Banana and Blueberry Bread
Gluten Free | Dairy Free
This is a replica of my healthy gluten free banana and choc chip bread recipe, with the addition of blueberries and minus the choc chips. For me, this is a healthy treat as part of a balanced lifestyle and all prepared in 1 bowl!
Preparation Time: 10 minutes
Cooking Time: 55-60 minutes
⅓ cup coconut oil, melted
½ cup maple syrup
¼ cup unsweetened almond milk
1 cup bananas, mashed (2 large bananas)
1 teaspoon baking soda
1 teaspoon vanilla extract (optional)
½ teaspoon ground cinnamon
1 ¾ cups gluten free flour
½ cup blueberries
½ banana, sliced
Preheat the oven to 165°C. Spray a rectangle loaf tin with olive oil spray.

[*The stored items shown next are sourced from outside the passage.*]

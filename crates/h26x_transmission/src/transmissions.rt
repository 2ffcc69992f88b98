//! Whole transmissions: calls of a packetizer, and their packets through a depacketizer.

ghost use Rattle.std.specs.Prelude.{◌≡◌, IfOk, IfErr, length, map, Some, None};
ghost use Rattle.h26x_model.specs.Carry.Loss.{keep};
ghost use Rattle.h26x_core.specs.Front.{IsFrontOf};
ghost use Rattle.h26x_model.specs.Receive.Received.{received};
ghost use Rattle.h26x_model.specs.Send.Rival.{TakesFewestFragments};
ghost use Rattle.h26x_core.specs.declared.extra.CodecExtra.TheVariants as extras;
ghost use Rattle.h26x_model.specs.Send.PacketizerState.{PacketizerState, call_packets, AreWithinLimits, calls_packets, after_calls, next_call};
ghost use Rattle.h26x_model.specs.Receive.DepacketizerState.{DepacketizerState, after_packets, depacketization, AreWritten};
ghost use Rattle.h26x_model.specs.Where.{WhereBoth};
ghost use Rattle.h26x_packetizer.specs.Sending.{contents};
ghost use Rattle.h26x_transmission.specs.CodecStates.{codec_packetizer_state, codec_depacketizer_state, codec_depacketization, OfPacketizer, OfDepacketizer, OfDepacketization, OfBoth};
ghost use Rattle.h26x_transmission.specs.Transmissions.{AreSent, IsSentCall, AreTaken, IsLeftOver, IsBrokenIfErr, IsStoppedIfErr, AreMade, IsMadeText, IsFresh, AreCarriedWhole, next_calls, OfCarried, HaveDonsInOrder, HaveKeyUnitsDetected};
ghost use Rattle.h26x_model.specs.Carry.Laws.{AreCallsCarried};

use crate::carried::{Carried, Marks, Packets};
use crate::depacketizer::CodecDepacketizer;
use crate::laws::{depacketizer_states, packetizer_states};
use crate::packetizer::CodecPacketizer;
use h26x_core::{CodecExtra, Depacketizer, PacketError, Packetizer};
use h26x_model::laws;
use std::alloc::Global;

/// Gives packets to a depacketizer in order, up to the first that is refused.
pub(crate) fn deliver(
    d: &mut CodecDepacketizer,
    packets: &[Vec<u8>],
    out: &mut Vec<u8>,
    extra: &mut CodecExtra,
) -> Result<(), PacketError>
    ensures taken { OfDepacketization d.old out.old.items extra.old
        (λ w. IfOk result (λ done. codec_depacketization d.new out.new.items extra.new ≡ Some
        (after_packets w (contents packets.now)))) }
    ensures stopped { OfDepacketization d.old out.old.items extra.old
        (λ w. IfErr result (λ error. IsLeftOver w (contents packets.now) error
        (codec_depacketization d.new out.new.items extra.new))) }
    ensures kept { IsFrontOf out.old.items out.new.items }
{
    depacketizer_states(d);
    laws::depacketizers_go_on();
    for packet in packets {
        d.depacketize(packet, out, extra)?;
    }
    Ok(())
}

/// One call through both endpoints. The answer is whether it was made; its packets come behind
/// `packets` once all of them were taken.
fn carry_call(
    p: &mut CodecPacketizer,
    d: &mut CodecDepacketizer,
    mtu: usize,
    payload: &[u8],
    packets: &mut Vec<Vec<u8>>,
    out: &mut Vec<u8>,
    extra: &mut CodecExtra,
) -> Result<bool, PacketError>
    ensures sent { OfPacketizer p.old
        (λ s. IsSentCall s (next_call s mtu payload.now) result (contents packets.old.items)
        (contents packets.new.items) (codec_packetizer_state p.new)) }
    ensures taken { OfDepacketization d.old out.old.items extra.old
        (λ w. IfOk result (λ made.
        AreTaken w (contents packets.old.items) (contents packets.new.items)
        (codec_depacketization d.new out.new.items extra.new))) }
    ensures stopped { WhereBoth (codec_packetizer_state p.old)
        (codec_depacketization d.old out.old.items extra.old)
        (λ s w. IfErr result (λ error.
        IsLeftOver w (call_packets s (next_call s mtu payload.now)) error
        (codec_depacketization d.new out.new.items extra.new))) }
    ensures kept { IsFrontOf out.old.items out.new.items }
{
    depacketizer_states(d);
    laws::depacketizers_go_on();
    match p.packetize(mtu, payload) {
        Ok(mut made) => {
            packets.reserve(made.len())?;
            deliver(d, &made, out, extra)?;
            packets.append(&mut made).unwrap();
            Ok(true)
        }
        Err(_) => Ok(false),
    }
}

/// Calls through both endpoints, one after the other, up to the first packet that is refused.
fn carry_calls(
    alloc: Global,
    p: &mut CodecPacketizer,
    d: &mut CodecDepacketizer,
    calls: &[(usize, Vec<u8>)],
    out: &mut Vec<u8>,
    extra: &mut CodecExtra,
) -> Result<Carried, PacketError>
    ensures each { IfOk result (λ carried. length carried.made ≡ length calls.now) }
    ensures sent { OfPacketizer p.old
        (λ s. IfOk result (λ carried. AreSent s (next_calls s calls.now) carried.made
        carried.packets (codec_packetizer_state p.new))) }
    ensures taken { OfDepacketization d.old out.old.items extra.old
        (λ w. IfOk result (λ carried. codec_depacketization d.new out.new.items extra.new
        ≡ Some (after_packets w carried.packets))) }
    ensures stopped { WhereBoth (codec_packetizer_state p.old)
        (codec_depacketization d.old out.old.items extra.old)
        (λ s w. IsBrokenIfErr s w (next_calls s calls.now) result (codec_packetizer_state p.new)
        (codec_depacketization d.new out.new.items extra.new)) }
    ensures kept { IsFrontOf out.old.items out.new.items }
{
    packetizer_states(p);
    depacketizer_states(d);
    laws::packetizers_go_on();
    laws::depacketizers_go_on();
    let mut packets = Vec::new(alloc);
    let mut made = Vec::with_capacity(alloc, calls.len())?;
    for (mtu, payload) in calls {
        let was_made = carry_call(p, d, *mtu, payload, &mut packets, out, extra)?;
        made.push(was_made).unwrap();
    }
    Ok(Carried {
        packets: Packets::from_vec(packets),
        made: Marks::from_vec(made),
    })
}

/// Gives calls to a packetizer, each its `mtu` in bytes and its payload, and the packets of each to
/// a depacketizer, before the next call.
///
/// A call for which memory lacks is marked as not made, and the transmission goes on. The first
/// packet that is refused ends it with its error. Room for the marks is taken first, and room for
/// the packets of a call before any of them is given on; where there is none the error is
/// `OutOfMemory`. After any error `out` and `extra` are what a front of the packets brought, `d`
/// stands behind that front and `p` behind the calls made.
///
/// ```rust
/// let mut p = CodecPacketizer::new(alloc, Codec::H264);
/// let mut d = CodecDepacketizer::new(alloc, Codec::H264);
/// let carried = carry(alloc, &mut p, &mut d, &[(1200, frame)], &mut out, &mut extra)?;
/// ```
pub fn carry(
    alloc: Global,
    p: &mut CodecPacketizer,
    d: &mut CodecDepacketizer,
    calls: &[(usize, Vec<u8>)],
    out: &mut Vec<u8>,
    extra: &mut CodecExtra,
) -> Result<Carried, PacketError>
    // What is made, whatever waited and whatever the next decoding order number was: one mark a
    // call, true for each without effect; the packets of the plan of the sets that waited and the
    // made calls' units, numbered on; call by call, each within its call's limit; and what waits
    // afterwards.
    ensures each { IfOk result (λ carried. length carried.made ≡ length calls.now) }
    ensures made { OfPacketizer p.old
        (λ s. IfOk result (λ carried. AreMade s.format carried.made (next_calls s calls.now))) }
    ensures packets { OfCarried p.old calls.now result
        (λ s made packets. packets ≡ calls_packets s made) }
    ensures within { OfCarried p.old calls.now result
        (λ s made packets. AreWithinLimits s made packets) }
    ensures waits { OfCarried p.old calls.now result
        (λ s made packets. codec_packetizer_state p.new ≡ Some (after_calls s made)) }

    // A unit that is fragmented takes the fewest fragments that any rival could.
    ensures fewest { OfPacketizer p.old (λ s. TakesFewestFragments s.format) }

    // Where packets can carry each unit sent, whatever run was open: what is sent is written, and
    // nothing else; its numbers are in order; its key units are detected.
    ensures whole { OfBoth p.old d.old
        (λ s r. r.format ≡ s.format → IfOk result (λ carried.
        IsMadeText s (depacketization r out.old.items extra.old) carried.made
        (next_calls s calls.now) out.new.items extra.new)) }
    ensures dons { OfCarried p.old calls.now result
        (λ s made packets. AreCallsCarried s made → HaveDonsInOrder s made) }
    ensures detected { OfCarried p.old calls.now result
        (λ s made packets. AreCallsCarried s made → HaveKeyUnitsDetected s made) }

    // Whatever the packets are: all of them were taken; where no run was open what is received of
    // them is written.
    ensures taken { OfDepacketizer d.old
        (λ r. IfOk result (λ carried. codec_depacketization d.new out.new.items extra.new
        ≡ Some (after_packets (depacketization r out.old.items extra.old) carried.packets))) }
    ensures any { OfDepacketizer d.old
        (λ r. r.run ≡ None → IfOk result (λ carried.
        AreWritten (depacketization r out.old.items extra.old)
        (received (map r.format.read carried.packets)) out.new.items extra.new)) }

    // After a refusal: what a front of the packets wrote, in which call it stopped, and why.
    ensures stopped { OfBoth p.old d.old
        (λ s r. IsStoppedIfErr s r out.old.items extra.old (next_calls s calls.now) result
        (codec_packetizer_state p.new) (codec_depacketization d.new out.new.items extra.new)) }
    ensures kept { IsFrontOf out.old.items out.new.items }

    // The headline, for a fresh pair.
    ensures headline { (s : PacketizerState) (r : DepacketizerState) →
        codec_packetizer_state p.old ≡ Some s →
        codec_depacketizer_state d.old ≡ Some r → IsFresh s → r.run ≡ None → r.format ≡ s.format →
        extra.old ≡ extras.None →
        IfOk result (λ carried. AreCarriedWhole s (depacketization r out.old.items extra.old)
        (keep carried.made (next_calls s calls.now)) carried.packets out.new.items extra.new) }
{
    packetizer_states(p);
    depacketizer_states(d);
    laws::packetizers_go_on();
    laws::depacketizers_go_on();
    laws::what_calls_send_is_carried();
    laws::plans_unit_by_unit();
    laws::fewest_fragments();
    carry_calls(alloc, p, d, calls, out, extra)
}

In a large bowl, whisk the coconut oil, maple syrup and almond milk together. Allow the mixture to cool slightly so the egg doesn't start cooking, then add the eggs in and continue to whisk.
Chop the bananas, then add into the bowl and mash them into the wet ingredients.
Stir in the baking soda, vanilla extract and cinnamon.
Gradually stir in the gluten free flour until well combined, then fold through the blueberries. I used frozen blueberries, but fresh would work too.
Slice ½ a banana and arrange evenly across the top of the mixture. Pour the mixture into the loaf tin and place in the oven for 55- 60 minutes or until a knife inserted into the centre comes out clean.
Transfer the bread onto a cooling rack for 10 minutes, then slice into 12 pieces.
Serve with nut butter or a drizzle of maple syrup.
Low FODMAP Variation
Use unripe (greener) bananas. A ripe banana is high in oligo-fructans, making it high in FODMAPs. However, 1/3 of a ripe banana should be tolerated by most individuals with IBS or fructose malabsorption.